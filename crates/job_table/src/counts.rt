//! How many jobs each tenant has, and of how many the turn is out.
ghost use Rattle.std.specs.Prelude.{◌≡◌, ℕ, ◌≤◌, ◌<◌, ◌^◌, true, false, nat_eq, cond, OnOk};
ghost use Rattle.indexmap.specs.IndexMap.{get, ContainsKey};
ghost use Rattle.job_table.specs.Kept.{counted, moved, one_more, one_less};

use indexmap::IndexMap;
use std::alloc::AllocError;

#[derive(Clone, Copy)]
pub(crate) struct Counts {
    pub(crate) kept: usize,
    pub(crate) out: usize,
}

pub(crate) fn counts_in(counts: &IndexMap<u32, Counts>, tenant: u32) -> Counts
    ensures { result ≡ counted (get nat_eq counts.now tenant) }
{
    match counts.get(&tenant) {
        Some(found) => *found,
        None => Counts { kept: 0, out: 0 },
    }
}

/// Takes the memory for a tenant's counts, so that no later count takes any.
pub(crate) fn begin_counts(
    counts: &mut IndexMap<u32, Counts>,
    tenant: u32,
) -> Result<(), AllocError>
    ensures same { (t : ℕ) → counted (get nat_eq counts.new t) ≡ counted (get nat_eq counts.old t) }
    ensures there { OnOk result (ContainsKey nat_eq counts.new tenant) }
{
    if !counts.contains_key(&tenant) {
        let Ok(_) = counts.insert(tenant, Counts { kept: 0, out: 0 }) else {
            return Err(AllocError);
        };
    }
    Ok(())
}

pub(crate) fn set_counts(counts: &mut IndexMap<u32, Counts>, tenant: u32, to: Counts)
    requires { ContainsKey nat_eq counts.old tenant }
    ensures { (t : ℕ) → counted (get nat_eq counts.new t)
        ≡ cond (nat_eq tenant t) to (counted (get nat_eq counts.old t)) }
{
    if let Some(place) = counts.get_mut(&tenant) {
        *place = to;
    }
}

/// Updates the count of turns that are out: `was` before the change, `is` after it.
pub(crate) fn recount(counts: &mut IndexMap<u32, Counts>, tenant: u32, was: bool, is: bool)
    requires there { ContainsKey nat_eq counts.old tenant }
    requires least { was ≡ true → 1 ≤ (counted (get nat_eq counts.old tenant)).out }
    requires most { was ≡ false → is ≡ true
        → (counted (get nat_eq counts.old tenant)).out < (counted (get nat_eq counts.old tenant)).kept }
    ensures { (t : ℕ) → counted (get nat_eq counts.new t)
        ≡ cond (nat_eq tenant t)
        (moved was is (counted (get nat_eq counts.old tenant)))
        (counted (get nat_eq counts.old t)) }
{
    if was == is {
        return;
    }
    let Counts { kept, out } = counts_in(counts, tenant);
    let out = if is { out + 1 } else { out - 1 };
    set_counts(counts, tenant, Counts { kept, out });
}

pub(crate) fn count_in(counts: &mut IndexMap<u32, Counts>, tenant: u32, is: bool)
    requires there { ContainsKey nat_eq counts.old tenant }
    requires kept { (counted (get nat_eq counts.old tenant)).kept < 2 ^ 63 }
    requires out { (counted (get nat_eq counts.old tenant)).out < 2 ^ 63 }
    ensures { (t : ℕ) → counted (get nat_eq counts.new t)
        ≡ cond (nat_eq tenant t)
        (one_more is (counted (get nat_eq counts.old tenant)))
        (counted (get nat_eq counts.old t)) }
{
    let Counts { kept, out } = counts_in(counts, tenant);
    let out = if is { out + 1 } else { out };
    set_counts(
        counts,
        tenant,
        Counts {
            kept: kept + 1,
            out,
        },
    );
}

pub(crate) fn count_out(counts: &mut IndexMap<u32, Counts>, tenant: u32, was: bool)
    requires there { ContainsKey nat_eq counts.old tenant }
    requires kept { 1 ≤ (counted (get nat_eq counts.old tenant)).kept }
    requires out { was ≡ true → 1 ≤ (counted (get nat_eq counts.old tenant)).out }
    ensures { (t : ℕ) → counted (get nat_eq counts.new t)
        ≡ cond (nat_eq tenant t)
        (one_less was (counted (get nat_eq counts.old tenant)))
        (counted (get nat_eq counts.old t)) }
{
    let Counts { kept, out } = counts_in(counts, tenant);
    let out = if was { out - 1 } else { out };
    set_counts(
        counts,
        tenant,
        Counts {
            kept: kept - 1,
            out,
        },
    );
}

**Activity:** Look through the material for "place". Copy each line that has it.

**Answer to this exercise:**
    if let Some(place) = counts.get_mut(&tenant) {
        *place = to;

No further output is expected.